* Task to carry out: Count the lines below that contain the word "impl", and reply with only that number.

Stored items
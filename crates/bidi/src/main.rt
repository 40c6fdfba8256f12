//! The program `bidi`, over the standard streams and a listener.
//!
//! `bidi play` reads a play from standard input, a step a line, and writes what the remote end sends.
//! `bidi pair` reads steps of both ends, and writes what became of each command and which events each link received.
//! `bidi reduce` writes the lines of a play that are kept for a session.
//! `bidi show` writes a line for each text of a local or a remote end, and `bidi check` one for each that is refused. Both
//! read standard input, or a file that the command line names.
//! `bidi serve` serves WebSocket connections on 127.0.0.1, one after another.
//! `bidi host` serves many at once, and takes lines of a page.
#![tactic(auto)]

mod bad_lines;
mod files;
mod system;

use bad_lines::{input_reason, page_reason};
use bidi_command_line::{
    HostFiles, HostOptions, LineFault, Run, ServeOptions, StreamRun, command_line, host_files,
    input_file,
};
use bidi_host_loop::{Door, Hosted, MOST_CONNECTIONS, MOST_WAITING, Manners, page_lines};
use bidi_lines::{Device, Sink, Source, write_all};
use bidi_recorder::HostingFault;
use bidi_run::{Recent, hosting_status, run, serving_status};
use bidi_serve::{ServeFault, serve};
use files::{FileFault, PageFile, opened, page_file};
use mio::Poll;
use mio::net::TcpListener as Listener;
use std::alloc::{AllocError, Global};
use std::net::{Ipv4Addr, SocketAddr, SocketAddrV4, TcpListener};
use std::process::ExitCode;
use std::{env, io};
use system::{System, held_streams};

fn main(rt: HostRuntime) -> ExitCode {
    // If nothing can stand in for a closed stream, the program runs without.
    let streams = held_streams(&rt);
    let status = match status(&rt) {
        Ok(status) => status,
        Err(error) if error.kind() == io::ErrorKind::InvalidData => {
            told(&rt, b"error: a word of the command line is not UTF-8\n", 2)
        }
        Err(_) => told(&rt, OUT_OF_MEMORY, 3),
    };
    drop(streams);
    ExitCode::from(status)
}

/// The line of a program that has no memory for its command line.
const OUT_OF_MEMORY: &[u8] = b"bidi: out of memory\n";

/// How many bytes a MiB has.
const MIB: usize = 1 << 20;

/// What `--version` writes.
const VERSION: &[u8] = b"bidi 0.1.0, profile P2\n";

// Writes what was asked for, help or the version, and returns the status.
fn answered<W: Sink>(rt: &HostRuntime, output: &mut W, text: &[u8]) -> u8 {
    match write_all(output, text) {
        Ok(()) => 0,
        Err(_) => told(rt, b"bidi: output cannot be written\n", 3),
    }
}

// Tells a fault on the standard error, and returns its status.
fn told(rt: &HostRuntime, line: &[u8], status: u8) -> u8 {
    let _ = write_all(&mut Device::new(rt.stderr()), line);
    status
}

// Whether the words ask for the version.
fn asks_for_version(words: &[&str]) -> bool {
    words.len() == 1 && (words[0] == "--version" || words[0] == "-V" || words[0] == "version")
}

// The words with `--help` in place of the word `help`: for `help` and for `help SUBCOMMAND`.
fn with_help(words: Vec<&str>) -> Result<Vec<&str>, AllocError> {
    let mut words = words;
    if words.len() == 1 || words.len() == 2 {
        if words[0] == "help" {
            words.remove(0);
            words.push("--help")?;
        }
    }
    Ok(words)
}

// Runs what the command line asks for, and returns the status. A word that is not UTF-8 is `InvalidData`.
fn status(rt: &HostRuntime) -> io::Result<u8> {
    let alloc = rt.alloc();
    let words = env::args(rt)?.skip(1).collect::<Vec<String>>(alloc)?;
    let words = words
        .iter()
        .map(|word| word.as_str())
        .collect::<Vec<&str>>(alloc)?;
    let mut output = Device::new(io::writer(rt));
    let mut faults = Device::new(rt.stderr());
    if asks_for_version(&words) {
        return Ok(answered(rt, &mut output, VERSION));
    }
    let words = with_help(words)?;
    match command_line(alloc, &words) {
        Ok(Run::Serve(asked)) => Ok(serving_status(served(rt, asked), &mut faults)),
        Ok(Run::Host(asked)) => match host_files(alloc, &words) {
            Ok(files) => host_status(rt, asked, files),
            Err(_) => Ok(told(rt, OUT_OF_MEMORY, 3)),
        },
        Ok(Run::Stream(asked)) => stream_status(rt, asked, &words),
        Err(LineFault::Help(text)) => { Ok(answered(rt, &mut output, text.as_bytes())) }
        Err(LineFault::Usage(text)) => {
            let _ = write_all(&mut faults, text.as_bytes());
            Ok(2)
        }
        Err(LineFault::NoMemory) => Ok(told(rt, OUT_OF_MEMORY, 3)),
    }
}

// Runs a program over an input and an output, and returns the status.
fn stream_status(rt: &HostRuntime, asked: StreamRun, words: &[&str]) -> io::Result<u8> {
    match input_of(rt.alloc(), asked, words) {
        Ok(None) => match asked {
            StreamRun::ScriptedPlay | StreamRun::ScriptedReduce(_) => explained(rt, asked),
            _ => Ok(status_over(rt, asked, &mut Device::new(rt.reader()))),
        },
        Ok(Some(name)) => match opened(rt, name.as_str()) {
            Ok(file) => Ok(status_over(rt, asked, &mut Device::new(file))),
            Err(error) => refused(
                rt,
                &FileFault {
                    doing: "read",
                    name,
                    kind: error.kind(),
                },
            ),
        },
        Err(_) => Ok(told(rt, OUT_OF_MEMORY, 3)),
    }
}

// Runs a program over the lines of a scripted play, and says what is wrong with them.
fn explained(rt: &HostRuntime, asked: StreamRun) -> io::Result<u8> {
    let mut input = Recent::new(rt.alloc(), Device::new(rt.reader()));
    let status = status_over(rt, asked, &mut input);
    if let Some(reason) = input_reason(rt.alloc(), status, &input)? {
        let line = format!(in rt.alloc(); "bidi: {reason}\n")?;
        return Ok(told(rt, line.as_bytes(), status));
    }
    Ok(status)
}

// Runs a program over this input and standard output, and returns the status.
fn status_over<R: Source>(rt: &HostRuntime, asked: StreamRun, input: &mut R) -> u8 {
    let mut output = Device::new(io::writer(rt));
    let mut faults = Device::new(rt.stderr());
    run(rt.alloc(), &asked, input, &mut output, &mut faults)
}

// The file that a run reads in place of the standard input: `show` and `check` may have one.
fn input_of(alloc: Global, asked: StreamRun, words: &[&str]) -> Result<Option<String>, LineFault> {
    match asked {
        StreamRun::Play
        | StreamRun::ScriptedPlay
        | StreamRun::Pair
        | StreamRun::Reduce(_)
        | StreamRun::ScriptedReduce(_) => Ok(None),
        _ => input_file(alloc, words),
    }
}

// Says that a file cannot be used, and returns the status.
fn refused(rt: &HostRuntime, fault: &FileFault) -> io::Result<u8> {
    let line = fault.line(rt.alloc())?;
    Ok(told(rt, line.as_bytes(), 3))
}

// Serves on 127.0.0.1.
fn served(rt: &HostRuntime, asked: ServeOptions) -> Result<(), ServeFault> {
    let Ok(listener) = TcpListener::bind(rt, local(asked.port)) else {
        return Err(ServeFault::Listen);
    };
    serve(rt.alloc(), &listener, asked.connections, asked.messages)
}

// A port on 127.0.0.1.
fn local(port: u16) -> SocketAddr {
    SocketAddr::V4(SocketAddrV4::new(Ipv4Addr::LOCALHOST, port))
}

/// Why a host ended early.
#[derive(Drop)]
enum Ended {
    /// It met a fault.
    Fault(HostingFault),
    /// The line of this number in the file of its page is not a line of a page.
    BadLine(u64, PageFile),
    /// The system refuses a file.
    NoFile(FileFault),
    /// It cannot listen on its port, for a reason of the system's.
    NoPort(io::ErrorKind),
}

impl From<HostingFault> for Ended {
    fn from(fault: HostingFault) -> Ended {
        Ended::Fault(fault)
    }
}

impl From<AllocError> for Ended {
    fn from(_: AllocError) -> Ended {
        Ended::Fault(HostingFault::NoMemory)
    }
}

impl From<FileFault> for Ended {
    fn from(fault: FileFault) -> Ended {
        Ended::NoFile(fault)
    }
}

// Hosts, and returns the status of the program.
fn host_status(rt: &HostRuntime, asked: HostOptions, files: HostFiles) -> io::Result<u8> {
    let mut faults = Device::new(rt.stderr());
    match hosted(rt, asked, files) {
        Ok(()) => Ok(hosting_status(Ok(()), &mut faults)),
        Err(Ended::Fault(fault)) => Ok(hosting_status(Err(fault), &mut faults)),
        Err(Ended::BadLine(number, page)) => {
            let status = hosting_status(Err(HostingFault::BadLine(number)), &mut faults);
            let reason = page_reason(rt.alloc(), &page.bytes, number)?;
            let line = format!(in rt.alloc(); "bidi: {}: {reason}\n", page.name)?;
            Ok(told(rt, line.as_bytes(), status))
        }
        Err(Ended::NoFile(fault)) => refused(rt, &fault),
        Err(Ended::NoPort(kind)) => {
            let (port, reason) = (asked.port, reason(kind));
            let line = format!(in rt.alloc();
                "bidi: cannot listen on 127.0.0.1:{port}: {reason}\n"
            )?;
            Ok(told(rt, line.as_bytes(), 3))
        }
    }
}

// Why the system gives no port, in words.
fn reason(kind: io::ErrorKind) -> &'static str {
    match kind {
        io::ErrorKind::AddrInUse => "the port is in use",
        io::ErrorKind::PermissionDenied => "permission denied",
        _ => "the system refuses",
    }
}

// Hosts on 127.0.0.1.
fn hosted(rt: &HostRuntime, asked: HostOptions, files: HostFiles) -> Result<(), Ended> {
    let page = page_file(rt, files.page_file)?;
    let mut system = System::new(rt, files.record_file)?;
    match begun(rt, asked, &page, &mut system) {
        Ok(()) => Ok(()),
        Err(Ended::Fault(HostingFault::BadLine(number))) => Err(Ended::BadLine(number, page)),
        Err(Ended::Fault(HostingFault::Write)) => match system.refused()? {
            Some(fault) => Err(Ended::NoFile(fault)),
            None => Err(Ended::Fault(HostingFault::Write)),
        },
        Err(ended) => Err(ended),
    }
}

// Plays the lines of the page, and then serves the connections of a listener.
fn begun(
    rt: &HostRuntime,
    asked: HostOptions,
    page: &PageFile,
    system: &mut System,
) -> Result<(), Ended> {
    let lines = page_lines(rt.alloc(), &page.bytes)?;
    let mut hosted = Hosted::new(rt.alloc(), manners(asked), lines)?;
    hosted.begin(system)?;
    match Listener::bind(rt, local(asked.port)) {
        Ok(listener) => Ok(served_by(rt, listener, &mut hosted, system)?),
        Err(error) => Err(Ended::NoPort(error.kind())),
    }
}

// How clients are treated.
fn manners(asked: HostOptions) -> Manners {
    Manners {
        ends_sessions: asked.ends_sessions,
        is_lenient: asked.is_lenient,
        ends_after_last: asked.ends_after_last,
        reads_input: asked.reads_input,
        most_waiting: MOST_WAITING,
        most_held: (asked.most_buffered as usize) * MIB,
        most_connections: MOST_CONNECTIONS,
    }
}

// Serves the connections of a listener.
fn served_by(
    rt: &HostRuntime,
    listener: Listener,
    hosted: &mut Hosted,
    system: &mut System,
) -> Result<(), HostingFault> {
    let Ok(poll) = Poll::new(rt) else {
        return Err(HostingFault::Listen);
    };
    let mut door = Door::new(rt.alloc(), poll, listener)?;
    hosted.serve(&mut door, system)
}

* Result for this task: 3